Catholicism and Buddhism
Jeremy Osner
jeremy at xyris.com
Wed Jan 31 19:39:10 CST 2001
Well here's what Mr. Borges has to say on the subject. I'm paraphrasing,
and occasionally quoting, from his 1952 essay, "Forms of a Legend",
printed in "Selected Non-Fictions".
The legend of Siddhartha's attainment of enlightenment is that, on
successive trips away from his father's castle, he saw first a lame man,
then a leper, then a corpse, and finally a monk, "who desires neither to
live nor to die.
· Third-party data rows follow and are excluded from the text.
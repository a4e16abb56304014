//! A grammar of pcapng files (draft-ietf-opsawg-pcapng), apart from how they are read.
//!
//! `specs/NgBlocks.antt` has the blocks and the bytes that spell them, `specs/NgEndings.antt` how bytes
//! end that are no further block, and `specs/NgFiles.antt` whole files: sections, their interfaces and
//! packets, and the frames that come of these. The functions do nothing: their contracts are the laws
//! that join the grammar to the reading of `pcapng_io`, both ways.
#![tactic(auto)]

mod laws;

pub use laws::{
    each_file_is_spelled, files_are_spelled_in_one_way, files_begin_with_a_section,
    refusals_are_those_of_the_grammar, spelled_files_are_read,
};
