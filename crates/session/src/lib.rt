// One contactless session, in EMV mode or in the track 2 part of mag-stripe mode: `start`, `answer`, `link_failed`
// and `stop`.
//
// Each call takes the session by value and the caller's command buffer, and returns the session and a command,
// an outcome or a refusal. A command is at the front of the buffer, which is left alone otherwise. A refusal
// changes nothing.
//
// `start_on_parts`, `answer_on_parts`, `link_failed_on_parts` and `stop_on_parts` are the same calls on a session's
// parts with the store borrowed mutably or shared: a transition is returned, and the store is not copied.
#![tactic(auto)]

use analysis::choice::Choice;
use analysis::cvm::{NOT_APPLICABLE, cvm_number};
use dictionary::{
    ROW_AC, ROW_AFL, ROW_AIP, ROW_ATC, ROW_CID, ROW_CVC3_TRACK2, ROW_CVM_RESULTS, ROW_NATC_TRACK2,
    ROW_PCVC3_TRACK2, ROW_PUNATC_TRACK2, ROW_TRACK2_DATA, ROW_TVR, ROW_UN_NUMERIC, SIZE,
};
use reading as reader; // `use reading::flat as reader;` reads without recursion (bin/host-flat)

ghost use Rattle.std.specs.Prelude.{◌≡◌, false, not, List, ℕ, ◌+◌, ◌<◌, length, replicate};
ghost use Rattle.basics.specs.Front.{written_over_front};
ghost use Rattle.dictionary.specs.Rows.{store_size};
ghost use Rattle.command.specs.ReadRecord.{read_record_command};
ghost use Rattle.reading.specs.Answer.{verdict_number};
ghost use Rattle.start_data.specs.StartData.{load_start_bytes};
ghost use Rattle.analysis.specs.Action.{findings_of};
ghost use Rattle.analysis.specs.Cvm.{cvm_number};
ghost use Rattle.session_record.specs.Session.{session_of, ending_for_reason};
ghost use Rattle.session.specs.Steps.{ReturnsStep, ReturnsTransition, ReturnsNext, transition_of_next, held_cvm, step_of_effect, store_with_findings, abort_step, link_failed_step, stop_step};
ghost use Rattle.session.specs.Start.{request_gpo, start_effect_after_loading, start_step};
ghost use Rattle.session.specs.Answer.{aip_and_afl_present, next_after_gpo_read, next_on_gpo_response, request_cryptogram, requested_cryptogram, next_after_records_in_emv_mode, next_after_last_record, next_after_record_read, next_on_record_response};
ghost use Rattle.session.specs.Answer.{outcome_for_cryptogram_type, cid_atc_and_cryptogram_present, next_after_cryptogram_read, next_on_cryptogram_response, next_on_response, answer_step};
ghost use Rattle.session.specs.MagStripe.{request_checksum, next_after_records_in_mag_stripe_mode, stored_track2, stored_bitmaps, stored_digit_values, stored_track_can_take_digits, store_with_track_digits, next_after_checksum_read, next_on_checksum_response};
ghost use Rattle.mag_stripe.specs.Digits.{track_with_digits_if_possible};
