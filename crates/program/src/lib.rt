// What the programs ask of the system and tell it: their arguments, files by name, what failed, and the exit status.
//
// A name of a file is bytes, as an argument is. One that is no UTF-8 text names no file that can be opened here.
#![tactic(auto)]

ghost use Rattle.std.specs.Prelude.{◌≡◌, ◌≤◌, length, IfSome};

use std::env::{Env, FillError};
use std::fs::{File, Files, OpenFile, OpenOptions};
use std::io::{ErrorKind, Read, Stdin, Write};
use std::{io, str};

// Room for the longest name of a file, and for an argument: a longer one counts as empty.
pub const LONGEST_ARGUMENT: usize = 4096;

// The descriptor on which the exit status is reported, by the name that the system gives it.
const TELLING: &str = "/dev/fd/3";

// ---- arguments

// What each program is called with: whether its exit status is reported, which argument names the file that it reads,
// and whether a word was not understood, which has been reported then.
#[derive(Clone, Copy)]
pub struct ProgramArguments {
    pub tell: bool,
    pub file: Option<usize>,
    pub wrong: bool,
}

impl ProgramArguments {
    // Takes one more argument, or says what is wrong with it.
    fn take(&mut self, i: usize, word: &[u8]) -> Result<(), &'static str> {
        match word {
            b"--tell" => self.tell = true,
            [b'-', ..] => return Err("unknown option"),
            _ if self.file.is_some() => return Err("more than one file"),
            _ => self.file = Some(i),
        }
        Ok(())
    }
}

// Reads the arguments of the program of a name. Each is offered to `own` first, by its number and its bytes: whether it
// is one that this program alone takes, or what is wrong with it.
pub fn arguments<'a, F: FnMut(usize, &[u8]) -> Result<bool, &'a str>>(
    rt: &HostRuntime,
    name: &str,
    mut own: F,
) -> ProgramArguments
    requires { F.IsAlwaysCallable own }
{
    let mut asked = ProgramArguments {
        tell: false,
        file: None,
        wrong: false,
    };
    for i in 1..argument_count(rt) {
        let mut space = [0u8; LONGEST_ARGUMENT];
        let n = argument(rt, i, &mut space);
        let word = &space[..n];
        let taken = match own(i, word) {
            Ok(true) => Ok(()),
            Ok(false) => asked.take(i, word),
            Err(what) => Err(what),
        };
        if let Err(what) = taken {
            print_wrong(rt, name, what);
            asked.wrong = true;
        }
    }
    asked
}

// How many arguments there are, the program's name included.
pub fn argument_count(rt: &impl Env) -> usize {
    for i in 0..usize::MAX {
        if !is_argument(rt, i) {
            return i;
        }
    }
    usize::MAX
}

fn is_argument(rt: &impl Env, i: usize) -> bool {
    let mut space = [0u8; 1];
    match rt.arg(i, &mut space) {
        Err(FillError::NotPresent) => false,
        _ => true,
    }
}

// Puts an argument at the front of the space and returns its length: 0 where it is absent or has no room.
pub fn argument(rt: &impl Env, i: usize, space: &mut [u8]) -> usize
    ensures { result ≤ length space.new }
{
    match rt.arg(i, space) {
        Ok(n) => n,
        Err(_) => 0,
    }
}

// ---- files

// Opens a file for reading.
pub fn open_read<R: Files>(rt: &R, path: &[u8]) -> io::Result<R::File> {
    let mut how = OpenOptions::new();
    how.read(true);
    open(rt, &how, path)
}

// Opens a file for writing, and empties it or makes it.
pub fn open_overwrite<R: Files>(rt: &R, path: &[u8]) -> io::Result<R::File> {
    let mut how = OpenOptions::new();
    how.write(true);
    how.create(true);
    how.truncate(true);
    open(rt, &how, path)
}

fn open<R: Files>(rt: &R, how: &OpenOptions, path: &[u8]) -> io::Result<R::File> {
    match str::from_utf8(path) {
        Ok(name) => how.open(rt, name),
        Err(_) => Err(io::Error::from(ErrorKind::InvalidFilename)),
    }
}

// Where a program reads from.
#[derive(Drop)]
pub enum Source<F> {
    Named(F),
    Input(Stdin),
}

impl<F: Read> Read for Source<F> {
    fn read(&mut self, buf: &mut [u8]) -> io::Result<usize> {
        match self {
            Source::Named(file) => file.read(buf),
            Source::Input(input) => input.read(buf),
        }
    }
}

// The file that an argument names, or standard input where none does; none where it cannot be opened, which is reported.
pub fn open_source(rt: &HostRuntime, file: Option<usize>) -> Option<Source<File>> {
    let Some(i) = file else {
        return Some(Source::Input(rt.stdin()));
    };
    let mut space = [0u8; LONGEST_ARGUMENT];
    let n = argument(rt, i, &mut space);
    let path = &space[..n];
    match open_read(rt, path) {
        Ok(file) => Some(Source::Named(file)),
        Err(error) => {
            print_failure(rt, &rt.stderr(), path, error);
            None
        }
    }
}

// Reads a part into the space and returns its length, 0 at the end; none where it cannot be read, which the program of
// a name reports.
pub fn read_part(
    rt: &HostRuntime,
    name: &str,
    source: &mut impl Read,
    space: &mut [u8],
) -> Option<usize>
    ensures { IfSome result (λ n. n ≤ length space.new) }
{
    match source.read(space) {
        Ok(n) => Some(n),
        Err(error) => {
            let err = rt.stderr();
            let _ = err.write_all(name.as_bytes());
            print_failure(rt, &err, b": the file cannot be read", error);
            None
        }
    }
}

// The front of some bytes: all of them where there are fewer.
pub fn front(s: &[u8], n: usize) -> &[u8] {
    s.get(..n).unwrap_or(s)
}

// Sees that a file's bytes were taken. What has no disk behind it, as a pipe, has nothing more to say of them.
pub fn written(file: &impl OpenFile) -> io::Result<()> {
    match file.sync_data() {
        Err(error) if error.kind() != ErrorKind::InvalidInput => Err(error),
        _ => Ok(()),
    }
}

// ---- what is told

// A line on standard error: a program's name, a colon and what is wrong.
pub fn print_wrong(rt: &HostRuntime, name: &str, what: &str) {
    let _ = eprintln!(rt; "{name}: {what}");
}

// A line on standard error: what failed, a colon and the system's words for the error.
pub fn print_failure(rt: &impl AllocGlobal, err: &impl Print, what: &[u8], error: io::Error) {
    let _ = err.write_all(what);
    let _ = err.write_all(b": ");
    match format!(in rt.alloc(); "{error}") {
        Ok(text) => {
            let _ = err.write_all(without_number(text.as_str()));
        }
        Err(_) => {
            let _ = err.print(error);
        }
    }
    let _ = err.write_all(b"\n");
}

// An error's words, without its number behind them.
fn without_number(text: &str) -> &[u8] {
    match text.split_once(" (os error ") {
        Some((words, _)) => words.as_bytes(),
        None => text.as_bytes(),
    }
}

// Reports an exit status, 0 to 2, where that is asked for.
pub fn report_status(rt: &impl Files, asked: ProgramArguments, status: u8) {
    if asked.tell {
        tell_status(
            rt,
            match status {
                0 => b"0",
                1 => b"1",
                _ => b"2",
            },
        );
    }
}

// Reports the exit status where a descriptor is open for it.
pub fn tell_status(rt: &impl Files, status: &[u8]) {
    let mut how = OpenOptions::new();
    how.append(true);
    if let Ok(mut file) = how.open(rt, TELLING) {
        let _ = file.write_all(status);
    }
}
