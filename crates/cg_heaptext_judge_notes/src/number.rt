// Numbers that pass their types.
ghost use Rattle.std.specs.Prelude.{◌≡◌, ◌+◌, nat_le};
ghost use Rattle.cg_base.specs.Numbers.{number_from};
ghost use Rattle.cg_heaptext_entries.specs.Index.{numeral_of};
ghost use Rattle.cg_heaptext_judge_def.specs.Judging.{counting};

use cg_base::{Place, literal};
use cg_heaptext_entries::Numeral;
use cg_heaptext_places::earlier;

// Whether the number that digits spell is above a bound.
fn is_above(digits: &[u8], most: u64) -> bool
    ensures { result ≡ nat_le (most + 1) (number_from 0 digits.now) }
{
    match literal(digits) {
        Some(number) => most < number,
        None => true,
    }
}

/// The earlier of the earliest number that was found before to pass its type, where there is one, and a number, where it is above `most`, the
/// greatest of its type (docs/LANGUAGE.md, "Heap files", H5).
pub fn note_number(over: Option<Place>, number: &Numeral, most: u64) -> Option<Place>
    ensures { result ≡ counting over (numeral_of number.now) (most + 1) }
{
    if is_above(number.digits, most) {
        earlier(over, number.place)
    } else {
        over
    }
}
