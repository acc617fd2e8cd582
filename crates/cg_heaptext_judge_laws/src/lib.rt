//! Stage: heaps. What is judged of a heap file, one thing that is met after the other, is what is asked of all.
//! Role: laws.
//! Promises: `runs_judge`.
//! May cite: definitions, laws and public crates below; no code above.
//! docs/LANGUAGE.md, "Heap files", says what is asked.
#![tactic(auto)]

mod law;

pub use law::runs_judge;
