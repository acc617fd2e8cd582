// What is asked of two types at which one cell is read.
ghost use Rattle.std.specs.Prelude.{◌≡◌, IfOk};
ghost use Rattle.cg_base.specs.Same.{same_type};
ghost use Rattle.cg_base.specs.Types.{type_of};
ghost use Rattle.cg_heaptext_def.specs.HeapText.{is_written as writes};
ghost use Rattle.cg_kinds.specs.Shapes.{shape as shape_of};

use cg_base::{Memory, Sigil, Ty};
use cg_kinds::{same, shape};
use std::alloc::Global;

// Whether two types have one shape. Only two that differ take memory.
pub(crate) fn same_shape(alloc: Global, a: &Ty, b: &Ty) -> Result<bool, Memory>
    ensures { IfOk result (λ is. is ≡ same_type (shape_of (type_of a.now)) (shape_of (type_of b.now))) }
{
    if same(a, b) {
        return Ok(true);
    }
    let first = shape(a.copy(alloc)?);
    let second = shape(b.copy(alloc)?);
    Ok(same(&first, &second))
}

// Whether a type is that of a cell that may be written.
pub(crate) fn is_written(ty: &Ty) -> bool
    ensures { result ≡ writes (type_of ty.now) }
{
    match ty {
        Ty::Abs(_, _, Sigil::W) | Ty::Fields(_, Sigil::W) => true,
        Ty::Abs(_, _, Sigil::R) | Ty::Fields(_, Sigil::R) => false,
        Ty::Abs(_, _, Sigil::U) | Ty::Fields(_, Sigil::U) => false,
        Ty::Var(_) | Ty::Seen(_) | Ty::Unit | Ty::Word(_) => false,
        Ty::Bool | Ty::Arrow(_, _) | Ty::Variant(_) => false,
    }
}
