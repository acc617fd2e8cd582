// Kinds of bytes, and how many of a kind stand in front.
ghost use Rattle.std.specs.Prelude.{◌≡◌, ◌≤◌, [], ◌∷◌, length};
ghost use Rattle.std.specs.List.{list_any, prefix_len};
ghost use Rattle.std.specs.Str.{bytes_eq};
ghost use Rattle.cg_base.specs.Bytes.{digit};
ghost use Rattle.cg_ctree.specs.Tokens.{letter, part_of_name, short_signs, long_signs};

use cg_base::is_digit;

/// Whether a name may begin with a byte.
pub(crate) fn is_letter(byte: u8) -> bool
    ensures { result ≡ letter byte }
{
    byte.is_ascii_lowercase() || byte.is_ascii_uppercase() || byte == b'_'
}

fn is_part_of_name(byte: u8) -> bool
    ensures { result ≡ part_of_name byte }
{
    is_letter(byte) || is_digit(byte)
}

/// How many bytes at the front may stand in a name.
pub(crate) fn name_len(bytes: &[u8]) -> usize
    ensures { result ≡ prefix_len part_of_name bytes.now }
{
    bytes
        .iter()
        .take_while(|byte| is_part_of_name(**byte))
        .count()
}

/// How many bytes at the front are digits.
pub(crate) fn digit_len(bytes: &[u8]) -> usize
    ensures count { result ≡ prefix_len digit bytes.now }
    ensures within { result ≤ length bytes.now }
{
    bytes.iter().take_while(|byte| is_digit(**byte)).count()
}

/// Whether a byte is a sign.
pub(crate) fn is_short_sign(byte: u8) -> bool
    ensures { result ≡ list_any (bytes_eq (byte ∷ [])) short_signs }
{
    b"{}();,:.=~+-*/%&|^<>".contains(&byte)
}

/// Whether two bytes are one sign.
pub(crate) fn is_long_sign(first: u8, second: u8) -> bool
    ensures { result ≡ list_any (bytes_eq (first ∷ second ∷ [])) long_signs }
{
    match first {
        b'-' => second == b'>',
        b'<' | b'>' => second == first || second == b'=',
        b'=' | b'!' => second == b'=',
        _ => false,
    }
}
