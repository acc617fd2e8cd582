// Where an argument or an operand begins.
ghost use Rattle.std.specs.Prelude.{◌≡◌, IfOk, if◌then◌else◌};
ghost use Rattle.cg_parser_exprs_def.specs.Machine as machine;
ghost use Rattle.cg_parser_symbols.specs.Views.{symbol_view};
ghost use Rattle.cg_parser_build.specs.Bounded.{bounded};
ghost use Rattle.cg_parser_exprs_def.specs.Held.{types, patterns, Types, Patterns};
ghost use Rattle.cg_parser_exprs_frames.specs.Stack.{angle_of, stack_of, mode_of, stage_of};
ghost use Rattle.cg_parser_build.specs.Views.{view_of};

use crate::operators::{alone_op, is_second, shift_op};
use crate::start::start;
use cg_base::{Memory, Place};
use cg_core::Op;
use cg_parser_build::BuiltExpr;
use cg_parser_exprs_frames::close::close;
use cg_parser_exprs_frames::frame::{Angle, Frame, Mode};
use cg_parser_exprs_frames::levels::level;
use cg_parser_exprs_frames::readers::Parts;
use cg_parser_exprs_frames::room::room;
use cg_parser_stack::Stack;
use cg_parser_symbols::Symbol;
use std::alloc::Global;

/// At the beginning of an atom: an argument, where there is room for a call.
pub fn on_argument<'a>(
    alloc: Global,
    stack: &mut Stack<Frame>,
    parts: &mut Parts,
    symbol: Symbol<'a>,
    place: Place,
    function: Option<BuiltExpr>,
) -> Result<Mode, Memory>
    ensures { IfOk result (λ m. stage_of m parts.new (stack_of stack.new) ≡ machine.on_argument types patterns bounded (symbol_view symbol.entry) place (view_of function) (stack_of stack.old)) }
{
    if room(stack)? < 1 {
        return Ok(Mode::Stuck);
    }
    stack.push(Frame::Argument(function))?;
    start(alloc, stack, parts, symbol, place)
}

/// Opens the right operand of an operator, where there is room for the operator; answers whether there is.
fn open_operand(
    stack: &mut Stack<Frame>,
    op: Op,
    place: Place,
    left: Option<BuiltExpr>,
) -> Result<bool, Memory>
    ensures { IfOk result (λ b. machine.on_op types patterns bounded op place (view_of left) (stack_of stack.old) ≡ (if b then machine.Want (stack_of stack.new) else machine.Stuck)) }
{
    if room(stack)? < level(op) {
        return Ok(false);
    }
    stack.push(Frame::RightOf(place, op, left))?;
    Ok(true)
}

/// At an operator with two operands.
pub fn on_op(
    stack: &mut Stack<Frame>,
    op: Op,
    place: Place,
    left: Option<BuiltExpr>,
) -> Result<Mode, Memory>
    ensures { IfOk result (λ m. (ts : Types) (ps : Patterns) → mode_of m ts ps (stack_of stack.new) ≡ machine.on_op types patterns bounded op place (view_of left) (stack_of stack.old)) }
{
    if open_operand(stack, op, place, left)? {
        Ok(Mode::Want)
    } else {
        Ok(Mode::Stuck)
    }
}

/// Behind a sign that may be the first of a shift: this symbol decides.
pub fn after_angle<'a>(
    alloc: Global,
    stack: &mut Stack<Frame>,
    parts: &mut Parts,
    symbol: Symbol<'a>,
    place: Place,
    angle: Angle,
    sign: Place,
    tree: Option<BuiltExpr>,
) -> Result<Mode, Memory>
    ensures { IfOk result (λ m. stage_of m parts.new (stack_of stack.new) ≡ machine.after_angle types patterns bounded (symbol_view symbol.entry) place (angle_of angle) sign (view_of tree) (stack_of stack.old)) }
{
    if is_second(angle, symbol) {
        let left = close(alloc, stack, 5, tree)?;
        return on_op(stack, shift_op(angle), sign, left);
    }
    let left = close(alloc, stack, 8, tree)?;
    if !open_operand(stack, alone_op(angle), sign, left)? {
        return Ok(Mode::Stuck);
    }
    start(alloc, stack, parts, symbol, place)
}
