//! Stage: reading. Where an expression, an argument or an operand begins.
//! Role: part of `cg_parser_exprs`.
//! Promises: `start`, `on_argument`, `on_op` and `after_angle` are steps of the machine; `operator` tells signs.
//! May cite: anything below it, of its stage and of those below; no crate above.
#![tactic(auto)]

pub mod operands;
pub mod operators;
pub mod start;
Peace is on his face; Siddhartha has found the way." In
the seventh century AD, a Christian monk wrote the history of *Barlaam
and Josaphat*, which is just too close in theme to the legend of the
Boddhisattva for the similarity to be coincidental; except at the end,
instead of enlightenment, Josaphat attains Christianity. "In 1615,...
Diego de Couto denounced the similarity of the spurious Indian fable to
the true and pious history of St. Josaphat"; who had apparently been
canonized in the intermediate time if he is referred to as Saint here.
However I can find to reference to him as a saint in the Catholic
Encyclopaedia online; it does have an entry for the story of Barlaam and
Josaphat, which it calls "a Christianized version of one of the legends
of Buddha"; and says that the name Josaphat is a corruption of the
Persian name Budsaif, Boddhisattva.
http://www.newadvent.org/cathen/02297a.htm
"Barlaam and Josaphat found their way into the Roman Martyrology (27
November)" -- what is the relationship between the Martyrology and the
Canon? Is one a subset of the other?